- _Supplied information_
// Tokens that are not supported.

ghost use Rattle.std.specs.Prelude.{◌≡◌, ◌<◌, length, slice_get, Some, codes, IfOk};
ghost use Rattle.fv_lex.specs.headline.Token.{symbols_of};
ghost use Rattle.fv_parse.specs.headline.Unsupported.{is_control, is_open, has_percent, unsupported, first_unsupported, some_if};

use fv_base::Word;
use fv_lex::{Symbol, Tokens};
use std::alloc::{AllocError, Global};

/// The byte that no label of a control has.
const PERCENT: u8 = b'%';

/// Whether a label stands after this word.
fn is_control(symbol: Symbol) -> bool
    ensures { result ≡ is_control symbol }
{
    matches!(symbol, Symbol::Switch(_) | Symbol::Slider(_))
}

fn is_open(symbol: Symbol) -> bool
    ensures { result ≡ is_open symbol }
{
    matches!(symbol, Symbol::Open)
}

fn has_percent(text: &[u8]) -> bool
    ensures { result ≡ has_percent text.now }
{
    text.contains(&PERCENT)
}

fn symbol_at(tokens: &Tokens, i: u32) -> Symbol
    requires { i < length tokens.now.tokens }
    ensures { slice_get (symbols_of tokens.now.tokens) i ≡ Some result }
{
    tokens.symbols()[i as usize]
}

fn percent(alloc: Global, there: bool) -> Result<Option<Word>, AllocError>
    ensures { IfOk result (λ o. o ≡ some_if there (codes "%")) }
{
    if there {
        Ok(Some(Word::new(alloc, b"%")?))
    } else {
        Ok(None)
    }
}

/// The word that makes a token unsupported, with its two symbols before and its own.
fn unsupported(
    alloc: Global,
    before: Symbol,
    last: Symbol,
    symbol: Symbol,
    text: &[u8],
) -> Result<Option<Word>, AllocError>
    ensures { IfOk result (λ o. o ≡ unsupported before last symbol text.now) }
{
    match symbol {
        Symbol::Unsupported(_) | Symbol::Caret => Ok(Some(Word::new(alloc, text)?)),
        Symbol::Text(_) => percent(
            alloc,
            is_control(before) && is_open(last) && has_percent(text),
        ),
        _ => Ok(None),
    }
}

/// The word of the first unsupported token.
pub(crate) fn first_unsupported(alloc: Global, tokens: &Tokens) -> Result<Option<Word>, AllocError>
    ensures { IfOk result (λ o. o ≡ first_unsupported tokens.now.tokens) }
{
    let mut before = Symbol::Semicolon;
    let mut last = Symbol::Semicolon;
    for i in 0..tokens.len() {
        let symbol = symbol_at(tokens, i);
        let found = unsupported(alloc, before, last, symbol, tokens.text(i))?;
        if let Some(word) = found {
            return Ok(Some(word));
        }
        before = last;
        last = symbol;
    }
    Ok(None)
}
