// The first static error of a program: that of each node, by those of its parts.

ghost use Rattle.std.specs.Prelude.{◌≡◌, ◌⊎◌, ◌<◌, length, map, Some, IfOk};
ghost use Rattle.fv_parse_grammar.specs.headline.Tree.{End};
ghost use Rattle.fv_parse_tree.specs.Arena.{trees, forest};
ghost use Rattle.fv_parse.specs.declared.refusal.ParseRefusal.TheVariants.{NoMemory};
ghost use Rattle.fv_parse.specs.headline.Trees.{AllBelow};
ghost use Rattle.fv_parse.specs.Trees.{size_of, tree_in, program_of};
ghost use Rattle.fv_parse.specs.headline.Definitions.{definitions_of, as_name, names_in};
ghost use Rattle.fv_parse.specs.headline.StaticErrors.{earlier, repeated, redefined, rule_widths, error_of, error_refusal, refused};
ghost use Rattle.fv_parse.specs.inner.StaticErrors.{AreErrors};

use crate::clash::{Among, ErrorKind, StaticError, earlier, first_clash, rule_widths};
use crate::definitions::{as_names, definitions_of, has_process, names_in};
use crate::parsed::{Tree, place_at, text_of};
use crate::refusal::ParseRefusal;
use fv_base::Word;
use fv_lex::Tokens;
use fv_parse_tree::{TreeId, TreeNode};
use std::alloc::{AllocError, Global};

/// The first error of a part.
fn error_at(tree: &Tree, errors: &[Option<StaticError>], id: TreeId) -> Option<StaticError>
    requires inside { id < length errors.now }
    requires known { AreErrors tree.now errors.now }
    ensures { result ≡ error_of tree.now.tokens (tree_in tree.now id) }
{
    errors[id.number() as usize]
}

/// The first error of the parts of a list.
fn error_among(tree: &Tree, errors: &[Option<StaticError>], ids: &[TreeId]) -> Option<StaticError>
    requires inside { AllBelow (length errors.now) ids.now }
    requires known { AreErrors tree.now errors.now }
    ensures { result ≡ error_of tree.now.tokens (forest (trees tree.now.entries) ids.now End) }
{
    let mut first = None;
    let mut i = ids.len();
    while i > 0 {
        i -= 1;
        first = earlier(error_at(tree, errors, ids[i]), first);
    }
    first
}

/// The first definition in a list that clashes with an earlier one.
fn redefined(alloc: Global, tree: &Tree, id: TreeId) -> Result<Option<StaticError>, AllocError>
    requires { id < size_of tree.now }
    ensures { IfOk result (λ o. o ≡ redefined tree.now.tokens (tree_in tree.now id)) }
{
    let list = definitions_of(alloc, tree, id)?;
    first_clash(alloc, Among::Definitions, tree.tokens, &list)
}

/// The first rule of a list that has another number of patterns than the first one.
fn differing_rule(alloc: Global, tree: &Tree, id: TreeId) -> Result<Option<StaticError>, AllocError>
    requires { id < size_of tree.now }
    ensures { IfOk result (λ o. o ≡ rule_widths (definitions_of tree.now.tokens (tree_in tree.now id))) }
{
    let list = definitions_of(alloc, tree, id)?;
    Ok(rule_widths(&list))
}

/// The first name that stands twice in patterns.
fn repeated_in(alloc: Global, tree: &Tree, id: TreeId) -> Result<Option<StaticError>, AllocError>
    requires { id < size_of tree.now }
    ensures { IfOk result (λ o. o ≡ repeated tree.now.tokens (names_in (tree_in tree.now id))) }
{
    let list = names_in(alloc, tree, id)?;
    first_clash(alloc, Among::Names, tree.tokens, &list)
}

/// The first name that stands twice among parameters.
fn repeated_among(
    alloc: Global,
    tokens: &Tokens,
    numbers: &[u64],
) -> Result<Option<StaticError>, AllocError>
    ensures { IfOk result (λ o. o ≡ repeated tokens.now (map as_name numbers.now)) }
{
    let list = as_names(alloc, numbers)?;
    first_clash(alloc, Among::Names, tokens, &list)
}

/// The first error of a node, by those of the nodes before it.
fn error_in(
    alloc: Global,
    tree: &Tree,
    errors: &[Option<StaticError>],
    id: TreeId,
) -> Result<Option<StaticError>, AllocError>
    requires inside { id < size_of tree.now }
    requires next { id ≡ length errors.now }
    requires known { AreErrors tree.now errors.now }
    ensures { IfOk result (λ o. o ≡ error_of tree.now.tokens (tree_in tree.now id)) }
{
    match tree.node(id) {
        TreeNode::Group(x)
        | TreeNode::Ports(_, x)
        | TreeNode::Panel(_, _, x)
        | TreeNode::Delayed(x)
        | TreeNode::Constant(_, x) => Ok(error_at(tree, errors, *x)),
        TreeNode::Iteration(_, _, x, y) | TreeNode::Apply(x, y) | TreeNode::Binary(_, x, y) => {
            let first = error_at(tree, errors, *x);
            Ok(earlier(first, error_at(tree, errors, *y)))
        }
        TreeNode::Slider(_, _, init, min, max, step) => {
            let last = earlier(error_at(tree, errors, *max), error_at(tree, errors, *step));
            let later = earlier(error_at(tree, errors, *min), last);
            Ok(earlier(error_at(tree, errors, *init), later))
        }
        TreeNode::Abstraction(names, x) => {
            let own = repeated_among(alloc, tree.tokens, names)?;
            Ok(earlier(own, error_at(tree, errors, *x)))
        }
        TreeNode::Case(rules) => {
            let own = differing_rule(alloc, tree, *rules)?;
            Ok(earlier(own, error_at(tree, errors, *rules)))
        }
        TreeNode::Where(x, definitions) => {
            let own = redefined(alloc, tree, *definitions)?;
            let inner = earlier(own, error_at(tree, errors, *definitions));
            Ok(earlier(error_at(tree, errors, *x), inner))
        }
        TreeNode::Rule(patterns, x) | TreeNode::Function(_, patterns, x) => {
            let own = repeated_in(alloc, tree, *patterns)?;
            Ok(earlier(own, error_at(tree, errors, *x)))
        }
        TreeNode::List(ids) => Ok(error_among(tree, errors, ids)),
        _ => Ok(None),
    }
}

/// The first error of each node.
fn errors_of(alloc: Global, tree: &Tree) -> Result<Vec<Option<StaticError>>, AllocError>
    ensures length { IfOk result (λ v. length v.items ≡ size_of tree.now) }
    ensures known { IfOk result (λ v. AreErrors tree.now v.items) }
{
    let mut errors = Vec::new(alloc);
    for i in 0..tree.len() {
        let found = error_in(alloc, tree, &errors, TreeId::new(i))?;
        errors.push(found)?;
    }
    Ok(errors)
}

/// What refuses a program that has this error.
fn error_refusal(alloc: Global, tokens: &Tokens, error: StaticError) -> ParseRefusal
    ensures { (result ≡ NoMemory) ⊎ (result ≡ error_refusal tokens.now error.kind error.token) }
{
    match error.kind {
        ErrorKind::Redefined => match Word::new(alloc, text_of(tokens, error.token)) {
            Ok(name) => ParseRefusal::Redefined { name },
            Err(_) => ParseRefusal::NoMemory,
        },
        ErrorKind::Repeated => match Word::new(alloc, text_of(tokens, error.token)) {
            Ok(name) => ParseRefusal::RepeatedName { name },
            Err(_) => ParseRefusal::NoMemory,
        },
        ErrorKind::Widths => {
            let place = place_at(tokens, error.token);
            ParseRefusal::RuleWidths {
                line: place.line,
                column: place.column,
            }
        }
    }
}

/// What refuses a program that is spelled.
pub(crate) fn refused(alloc: Global, tree: &Tree) -> Result<Option<ParseRefusal>, AllocError>
    ensures { IfOk result (λ o. (o ≡ Some NoMemory) ⊎ (o ≡ refused tree.now.tokens (program_of tree.now))) }
{
    let definitions = definitions_of(alloc, tree, tree.root())?;
    let own = first_clash(alloc, Among::Definitions, tree.tokens, &definitions)?;
    let errors = errors_of(alloc, tree)?;
    match earlier(own, error_at(tree, &errors, tree.root())) {
        Some(error) => Ok(Some(error_refusal(alloc, tree.tokens, error))),
        None => {
            if has_process(tree.tokens, &definitions) {
                Ok(None)
            } else {
                Ok(Some(ParseRefusal::NoProcess))
            }
        }
    }
}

- _Task requirements_
Please tally every line of the entries that holds "last" and answer with that figure alone.

- _Solution for this task_
9